27 août 1914

Ma chère Maman,

Au milieu du gâchis où pataugent la France et les Français, je viens d’apprendre une bonne nouvelle, c’est qu’on mobilise les capitaines au long cours pour la frontière. Je ne sais pas combien de temps nous resterons à Buenos Aires, malgré notre bonne volonté il n’est pas possible de rentrer en France mais je pense que rien n’est perdu pour attendre et qu’il y en aura pour tout le monde. Il est évident que mon cas de réforme ne comptera pas, et s’il comptait je m’empresserais de réclamer, je ne suis pas malade et je sais que tu serais la première à m’approuver, qu’importe maintenant, on aura toujours le temps après la guerre de compter les morts, c’est eux qui ont le beau rôle. Chez tous les Français que je connais je ne trouve pas d’enthousiasme mais mieux que cela, la ferme volonté de faire son devoir de Français ; c’est bien la première fois de ma vie que je n’ai pas ce mot de devoir en horreur, tu peux donc être tranquille, quoi qu’il arrive tu n’auras pas à rougir de moi. Je me demande souvent ce que sont devenus Joseph et Robert, je ne les plains pas, j’aimerais bien être avec eux, maintenant que la France donne le maximum de son effort. Je suis toujours commissaire sur la Provence et bon à rien par conséquent. Rester ainsi inactif quand on pourrait mieux faire est une sensation pénible. Ici les télégrammes sont tantôt favorables, tantôt contraires aux Français, c’est dire que personne ne sait rien. L’Argentine a des tendances allemandes. Le Brésil au contraire. Mais on peut être sûr qu’ils se rangeront du côté du plus fort.

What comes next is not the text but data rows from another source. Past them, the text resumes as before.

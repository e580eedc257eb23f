//! The walk along a path.
ghost use Rattle.std.specs.Prelude.{◌≡◌, ◌<◌, length, map};
ghost use Rattle.net_base.specs.Places.{stop_of};
ghost use Rattle.topology.specs.Networks.{switch_count};
ghost use Rattle.flow_rules.specs.Tables.{rules_of_all};
ghost use Rattle.path_walk.specs.Walked.{IsFollowed, PathEndsAs, WalksTo};

use crate::following::outcome;
use crate::{Outcome, PathEnd, PathRoom, PlacesEnd};
use flow_rules::Config;
use net_base::Place;
use topology::Net;

/// Follows the path of an entry and an address, up to where it ends or comes again to a switch. The room then holds the
/// places, the one at the switch that was visited before included. Takes time by the length of the path.
pub fn follow(net: &Net, config: &Config, entry: Place, dst: u32, room: &mut PathRoom) -> PlacesEnd
    requires tables { length config.now ≡ switch_count net.now }
    requires entry { entry.switch.0 < switch_count net.now }
    requires room { room.old.switches ≡ switch_count net.now }
    ensures places { IsFollowed net.now (rules_of_all config.now) entry dst room.new.places }
    ensures end { PathEndsAs net.now (rules_of_all config.now) entry dst
        (map stop_of room.new.places) result }
    ensures same_room { room.new.switches ≡ room.old.switches }
{
    net.keeps_rules();
    room.clear();
    room.visit(entry);
    let mut place = entry;
    'path: loop {
        match outcome(net, config.table(place.switch), place, dst) {
            Outcome::Discard => return PlacesEnd::Dropped(place.switch),
            Outcome::Leave(port, vlan) => return PlacesEnd::Left(place.switch, port, vlan),
            Outcome::Go(next) => {
                if room.visit(next) {
                    return PlacesEnd::Again(next.switch);
                }
                place = next;
            }
        }
    }
}

/// Follows the path of an entry and an address as `follow` does, and tells its end without the VLAN.
pub fn walk(net: &Net, config: &Config, entry: Place, dst: u32, room: &mut PathRoom) -> PathEnd
    requires tables { length config.now ≡ switch_count net.now }
    requires entry { entry.switch.0 < switch_count net.now }
    requires room { room.old.switches ≡ switch_count net.now }
    ensures path { WalksTo net.now (rules_of_all config.now) entry dst
        (map stop_of room.new.places) result }
    ensures same_room { room.new.switches ≡ room.old.switches }
{
    match follow(net, config, entry, dst, room) {
        PlacesEnd::Left(switch, port, _) => PathEnd::Left(switch, port),
        PlacesEnd::Dropped(switch) => PathEnd::Dropped(switch),
        PlacesEnd::Again(switch) => PathEnd::Repeats(switch),
    }
}
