//! Many rules of a table, replaced in one pass.
ghost use Rattle.std.specs.Prelude.{◌≡◌, map, vec_len, vec_capacity};
ghost use Rattle.flow_rules.specs.Order.{AreByKey};
ghost use Rattle.flow_rules.specs.Replaced.{in_place_of, replaced_in_turn};
ghost use Rattle.flow_rules.specs.Tables.{IsTable};

use crate::deletes::sort_by_key;
use crate::order::key_order;
use crate::rules::Rule;

/// What others, which stand in key order, put in the place of a rule: the one with its key, or the rule itself where there is
/// none.
fn in_place_of(others: &[Rule], rule: &Rule) -> Rule
    requires order { AreByKey others.now }
    requires distinct { IsTable others.now }
    ensures { result ≡ in_place_of others.now rule.now }
{
    match others.binary_search_by(|other| key_order(&other.key, &rule.key)) {
        Ok(i) => others[i],
        Err(_) => *rule,
    }
}

/// Puts others, which stand in key order, in the place of the rules with their keys.
fn replace_sorted(rules: &mut Vec<Rule>, others: &[Rule])
    requires order { AreByKey others.now }
    requires distinct { IsTable others.now }
    ensures items { rules.new.items ≡ map (in_place_of others.now) rules.old.items }
    ensures len { vec_len rules.new ≡ vec_len rules.old }
    ensures capacity { vec_capacity rules.new ≡ vec_capacity rules.old }
{
    for i in 0..rules.len() {
        rules[i] = in_place_of(others, &rules[i]);
    }
}

/// Puts others, which it sorts, in the place of the rules with their keys.
pub fn replace_keys(rules: &mut Vec<Rule>, others: &mut [Rule])
    requires { IsTable others.old }
    ensures items { rules.new.items ≡ replaced_in_turn others.old rules.old.items }
    ensures len { vec_len rules.new ≡ vec_len rules.old }
    ensures capacity { vec_capacity rules.new ≡ vec_capacity rules.old }
{
    sort_by_key(others);
    replace_sorted(rules, others);
}
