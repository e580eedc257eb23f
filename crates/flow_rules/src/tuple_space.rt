//! Tuple space search (Srinivasan, Suri and Varghese, "Packet classification using tuple space search", SIGCOMM 1999): the
//! patterns that may cover a packet are found by a look-up for each kind of pattern.
ghost use Rattle.std.specs.Prelude.{◌≡◌, ◌<◌, ◌++◌, ◌∷◌, [], ℕ, List, IsTrue, not, length, map, slice_index_or, IfOk};
ghost use Rattle.std.specs.List.{list_any};
ghost use Rattle.net_base.specs.Blocks.{IsBlock};
ghost use Rattle.net_base.specs.Members.{IsIn};
ghost use Rattle.flow_rules.specs.Patterns.{Header, covers};
ghost use Rattle.flow_rules.specs.Tuples.{ports_alike, tests_alike, are_alike, kind_eq, port_around, test_around, prefix_around, pattern_around, slot_of, slots_of, link_number, IsLink};
ghost use Rattle.flow_rules.specs.declared.rules.Pattern.{Pattern as PatternModel};

use crate::order::{rank_of_port, rank_of_vlan};
use crate::rules::{Pattern, VlanTest};
use net_base::{Memory, Port, Prefix, Vlan};
use std::alloc::Global;
use std::marker::Model;

/// How many kinds of patterns there are: with a port or without, with a test of the VLAN or without, with each of 33 lengths.
const ALL_KINDS: usize = 132;

/// How many kinds a space takes where it has room for few patterns.
const FEW_KINDS: usize = 16;

/// In a space with more room there are so many patterns for each of its kinds: a look into a slot takes as long as a look at so
/// many rules.
const PATTERNS_OF_A_KIND: usize = 4;

/// Up to how many patterns there are twice as many slots.
const MOST_APART: usize = 1 << 20;

/// A pattern, and the number behind the position of the one before it with the same slot, 0 where there is none.
#[derive(Clone, Copy)]
struct Entry {
    pattern: Pattern,
    next: u32,
}

/// Patterns by their positions, in the order in which they were added. A slot, found by what a pattern tests, leads to the
/// last of its patterns, and each pattern to the one before it in its slot. Patterns of one kind look at the same parts of a
/// packet: the ingress port or not, the VLAN or not, and so many bits of the address.
#[derive(Drop)]
pub struct TupleSpace {
    heads: Vec<u32>,
    entries: Vec<Entry>,
    kinds: Vec<Pattern>,
}

impl Model for TupleSpace {
    ghost use Rattle.std.specs.Prelude.{length, map};
    ghost use Rattle.flow_rules.specs.Tuples.{SpaceState, IsSpace};

    ghost Value = { SpaceState };

    ghost view = { λ s. record { patterns = map (λ e. e.pattern) s.entries.items; kinds = s.kinds.items; count = length s.heads.items } };

    ghost invariant = { λ s. IsSpace s.heads.items (map (λ e. e.next) s.entries.items) (map (λ e. e.pattern) s.entries.items) s.kinds.items };
}

/// Whether both choose a port, or neither.
fn are_ports_alike(a: Option<Port>, b: Option<Port>) -> bool
    ensures { result ≡ ports_alike a b }
{
    match (a, b) {
        (None, None) => true,
        (Some(_), Some(_)) => true,
        _ => false,
    }
}

/// Whether both look at the VLAN, or neither.
fn are_tests_alike(a: VlanTest, b: VlanTest) -> bool
    ensures { result ≡ tests_alike a b }
{
    match (a, b) {
        (VlanTest::Any, VlanTest::Any) => true,
        (VlanTest::Any, _) => false,
        (_, VlanTest::Any) => false,
        _ => true,
    }
}

impl Pattern {
    /// Whether two patterns test the same beside the address.
    pub fn is_alike(&self, other: &Pattern) -> bool
        ensures { result ≡ are_alike self.now other.now }
    {
        are_ports_alike(self.in_port, other.in_port) && are_tests_alike(self.vlan, other.vlan)
    }
}

/// Whether two patterns are of one kind.
fn is_same_kind(a: &Pattern, b: &Pattern) -> bool
    ensures { result ≡ kind_eq a.now b.now }
{
    are_ports_alike(a.in_port, b.in_port)
        && are_tests_alike(a.vlan, b.vlan)
        && a.dst.len == b.dst.len
}

/// Whether a pattern of the kind is among these.
fn has_kind(kinds: &[Pattern], pattern: &Pattern) -> bool
    ensures { result ≡ list_any (λ k. kind_eq k pattern.now) kinds.now }
{
    kinds.iter().any(|kind| is_same_kind(kind, pattern))
}

/// A packet's port, where the choice is of one.
fn port_around(choice: Option<Port>, port: Port) -> Option<Port>
    ensures { result ≡ port_around choice port }
{
    match choice {
        None => None,
        Some(_) => Some(port),
    }
}

/// The test that a packet's VLAN passes, where the test is one.
fn test_around(test: VlanTest, vlan: Vlan) -> VlanTest
    ensures { result ≡ test_around test vlan }
{
    match (test, vlan) {
        (VlanTest::Any, _) => VlanTest::Any,
        (_, Vlan::Untagged) => VlanTest::Untagged,
        (_, Vlan::Id(id)) => VlanTest::Id(id),
    }
}

/// The prefix of a prefix's length around an address.
fn prefix_around(prefix: &Prefix, address: u32) -> Prefix
    ensures { result ≡ prefix_around prefix.now.len address }
{
    let size = 1u64 << (32 - prefix.len);
    let base = u64::from(address) / size * size;
    Prefix {
        base: base as u32,
        len: prefix.len,
    }
}

/// The one pattern of the kind of a pattern that covers a packet.
fn pattern_around(kind: &Pattern, port: Port, vlan: Vlan, dst: u32) -> Pattern
    ensures { result ≡ pattern_around kind.now (record { port = port; vlan = vlan; dst = dst }) }
{
    Pattern {
        in_port: port_around(kind.in_port, port),
        vlan: test_around(kind.vlan, vlan),
        dst: prefix_around(&kind.dst, dst),
    }
}

/// The slot of a pattern, of so many. The parts are multiplied, and the low half of 32 bits is left out (Knuth, The Art of
/// Computer Programming 3, section 6.4), so that bases which are multiples of one number don't share a slot.
fn slot_of(pattern: &Pattern, slots: usize) -> usize
    requires { 0 < slots }
    ensures slot { result ≡ slot_of slots pattern.now }
    ensures within { result < slots }
{
    let port = u64::from(rank_of_port(pattern.in_port)) * 134_217_757;
    let vlan = u64::from(rank_of_vlan(pattern.vlan)) * 268_435_459;
    let prefix = &pattern.dst;
    let length = u64::from(prefix.len) * 536_870_923;
    let number = u64::from(prefix.base) * 2_654_435_761 + port + vlan + length;
    (number / 65_536 % slots as u64) as usize
}

/// The position that a number links to.
fn position_of(link: u32) -> Option<usize>
    ensures { link_number result ≡ link }
{
    if link == 0 {
        None
    } else {
        Some(link as usize - 1)
    }
}

/// Empties the slots.
fn empty_slots(heads: &mut Vec<u32>)
    ensures count { length heads.new.items ≡ length heads.old.items }
    ensures empty { (slot : ℕ) → slice_index_or heads.new.items slot 0 ≡ 0 }
{
    for slot in 0..heads.len() {
        heads[slot] = 0;
    }
}

/// Adds the kind of a pattern, where it isn't among these; whether there was room for it.
fn add_kind(kinds: &mut Vec<Pattern>, pattern: &Pattern) -> bool
    ensures known { IsTrue result → IsTrue (list_any (λ k. kind_eq k pattern.now) kinds.new.items) }
    ensures kept { (p : PatternModel) → IsTrue (list_any (λ k. kind_eq k p) kinds.old.items)
        → IsTrue (list_any (λ k. kind_eq k p) kinds.new.items) }
{
    if has_kind(kinds, pattern) {
        return true;
    }
    if kinds.len() == kinds.capacity() {
        return false;
    }
    kinds.push_reserved(*pattern);
    true
}

/// Does nothing: its contract says what every prefix keeps.
fn keeps_bits(prefix: Prefix)
    ensures { IsBlock prefix }
{
    let _ = prefix.base;
}

impl TupleSpace {
    /// A space without patterns, with room for so many, for a fourth as many kinds, 16 at least and all 132 at most, and with
    /// slots for twice as many patterns.
    pub fn with_room(alloc: Global, patterns: usize) -> Result<TupleSpace, Memory>
        ensures { IfOk result (λ s. s.patterns ≡ []) }
    {
        let slots = patterns.min(MOST_APART) * 2 + 1;
        let kinds = (patterns / PATTERNS_OF_A_KIND).clamp(FEW_KINDS, ALL_KINDS);
        Ok(TupleSpace {
            heads: vec![in alloc; 0; slots]?,
            entries: Vec::with_capacity(alloc, patterns)?,
            kinds: Vec::with_capacity(alloc, kinds)?,
        })
    }

    /// Takes out all patterns, in time by how many slots there are. Their room stays.
    pub fn clear(&mut self)
        ensures { self.new.patterns ≡ [] }
    {
        empty_slots(&mut self.heads);
        self.entries.clear();
        self.kinds.clear();
    }

    /// Adds a pattern at the next position; whether it could. It can't where the room is full, or the pattern is of a kind
    /// that isn't there yet, and there are as many as there is room for.
    pub fn add(&mut self, pattern: &Pattern) -> bool
        ensures added { IsTrue result → self.new.patterns ≡ self.old.patterns ++ pattern.now ∷ [] }
        ensures kept { IsTrue (not result) → self.new.patterns ≡ self.old.patterns }
    {
        let count = self.entries.len();
        if count == self.entries.capacity() || count >= u32::MAX as usize {
            return false;
        }
        if !add_kind(&mut self.kinds, pattern) {
            return false;
        }
        keeps_bits(pattern.dst);
        let slot = slot_of(pattern, self.heads.len());
        let next = self.heads[slot];
        self.entries.push_reserved(Entry {
            pattern: *pattern,
            next,
        });
        self.heads[slot] = count as u32 + 1;
        true
    }

    /// A pattern of each kind. A pattern that covers a packet is the packet's own for its kind.
    pub fn kinds(&self) -> &[Pattern]
        ensures value { result.now ≡ self.now.kinds }
        ensures complete { (p : PatternModel) (h : Header) → IsIn p self.now.patterns
            → IsTrue (covers p h) → (k : PatternModel) × IsIn k self.now.kinds
            × (pattern_around k h ≡ p) }
    {
        &self.kinds
    }

    /// The last position in the slot that a packet has for the kind of a pattern.
    pub fn first(&self, kind: &Pattern, port: Port, vlan: Vlan, dst: u32) -> Option<usize>
        ensures { IsLink (slots_of self.now)
            (slot_of self.now.count (pattern_around kind.now
            (record { port = port; vlan = vlan; dst = dst }))) (length self.now.patterns)
            (link_number result) }
    {
        let pattern = pattern_around(kind, port, vlan, dst);
        let slot = slot_of(&pattern, self.heads.len());
        position_of(self.heads[slot])
    }

    /// The last position before this one in the same slot.
    pub fn after(&self, position: usize) -> Option<usize>
        requires { position < length self.now.patterns }
        ensures { IsLink (slots_of self.now) (slice_index_or (slots_of self.now) position 0)
            position (link_number result) }
    {
        let entry = &self.entries[position];
        position_of(entry.next)
    }
}
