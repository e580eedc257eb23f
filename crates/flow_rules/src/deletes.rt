//! Many rules of a table, taken out in one pass.
ghost use Rattle.std.specs.Prelude.{◌≡◌, filter, not, IsPermutation, vec_capacity};
ghost use Rattle.std.specs.List.{list_any};
ghost use Rattle.flow_rules.specs.Order.{AreByKey};
ghost use Rattle.flow_rules.specs.Patterns.{key_eq};

use crate::order::key_order;
use crate::rules::{Key, Rule};

/// Sorts rules by their keys, in place.
pub(crate) fn sort_by_key(rules: &mut [Rule])
    ensures permutation { IsPermutation rules.old rules.new }
    ensures order { AreByKey rules.new }
{
    rules.sort_unstable_by(|a, b| key_order(&a.key, &b.key));
}

/// Whether one of the rules, which stand in key order, has the key.
fn has_key_sorted(rules: &[Rule], key: &Key) -> bool
    requires { AreByKey rules.now }
    ensures { result ≡ list_any (λ r. key_eq r.key key.now) rules.now }
{
    rules
        .binary_search_by(|rule| key_order(&rule.key, key))
        .is_ok()
}

/// Takes out the rules with the keys of others, which it sorts.
pub fn delete_keys(rules: &mut Vec<Rule>, others: &mut [Rule])
    ensures items { rules.new.items
        ≡ filter (λ q. not (list_any (λ r. key_eq r.key q.key) others.old)) rules.old.items }
    ensures capacity { vec_capacity rules.new ≡ vec_capacity rules.old }
{
    sort_by_key(others);
    rules.retain(|rule| !has_key_sorted(others, &rule.key));
}
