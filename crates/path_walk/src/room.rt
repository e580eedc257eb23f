//! The room for the places of a path.
ghost use Rattle.std.specs.Prelude.{◌≡◌, ◌<◌, ◌≤◌, ◌++◌, ◌∷◌, [], length, map, IfOk};
ghost use Rattle.net_base.specs.Places.{stop_of};
ghost use Rattle.topology.specs.Networks.{switch_count};
ghost use Rattle.path_walk.specs.Walked.{is_visited};

use net_base::{Memory, Place, Stop, SwitchSet};
use std::alloc::Global;
use std::marker::Model;
use topology::Net;

/// Room for the places of one path of a network and their stops: one more than it has switches.
#[derive(Drop)]
pub struct PathRoom {
    places: Vec<Place>,
    stops: Vec<Stop>,
    switches: u32,
    visited: SwitchSet,
}

impl Model for PathRoom {
    ghost use Rattle.path_walk.specs.Walked.{RoomState, IsRoom};

    ghost Value = { RoomState };

    ghost view = { λ r. record { places = r.places.items; switches = r.switches } };

    ghost invariant = { λ r. IsRoom r.places r.stops r.switches r.visited };
}

impl PathRoom {
    /// Room for the paths of a network, and of each other with as many switches.
    pub fn make(alloc: Global, net: &Net) -> Result<PathRoom, Memory>
        ensures switches { IfOk result (λ room. room.switches ≡ switch_count net.now) }
        ensures empty { IfOk result (λ room. room.places ≡ []) }
    {
        let switches = net.switches();
        let most = switches as usize + 1;
        Ok(PathRoom {
            places: Vec::with_capacity(alloc, most)?,
            stops: Vec::with_capacity(alloc, most)?,
            switches,
            visited: SwitchSet::none(),
        })
    }

    /// The places of the path that was followed last, in order.
    pub fn places(&self) -> &[Place]
        ensures { result.now ≡ self.now.places }
    {
        &self.places
    }

    /// The stops of the path that was followed last, in order.
    pub fn stops(&self) -> &[Stop]
        ensures { result.now ≡ map stop_of self.now.places }
    {
        &self.stops
    }

    /// Forgets the places.
    pub(crate) fn clear(&mut self)
        ensures { self.new ≡ record self.old { places = [] } }
    {
        self.places.clear();
        self.stops.clear();
        self.visited = SwitchSet::none();
    }

    /// Adds a place, and tells whether its switch was visited before.
    pub(crate) fn visit(&mut self, place: Place) -> bool
        requires switch { place.switch.0 < self.old.switches }
        requires room { length self.old.places ≤ self.old.switches }
        ensures seen { result ≡ is_visited self.old.places place.switch }
        ensures added { self.new ≡ record self.old { places = self.old.places ++ place ∷ [] } }
    {
        let seen = self.visited.has(place.switch);
        self.visited.put(place.switch);
        self.places.push_reserved(place);
        self.stops.push_reserved(Stop {
            switch: place.switch,
            port: place.port,
        });
        seen
    }
}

Tu sais qu’Alice a eu un accident, c’était prévu. Il aurait pu arriver pire, je crois qu’elle est bien maintenant. Les dernières nouvelles que j’en ai datent du 29 juillet. Elle a assez d’argent, mais quant à l’avenir je n’en sais rien, car il est probable que les actions ont beaucoup baissé. En partant de Buenos Aires, nous pouvons être ramassés par un croiseur allemand, il y en a sur la côte de l’Amérique du sud. Ce serait vraiment une malchance, mais c’est possible quoi qu’il y ait pas mal de marins anglais qui les cherchent. Enfin si je ne reviens pas en France, comme je sais que tu t’occuperas d’elle, je suis tranquille.

Là-dessus en attendant les grandes victoires que nous espérons toujours, je t’embrasse de tout coeur.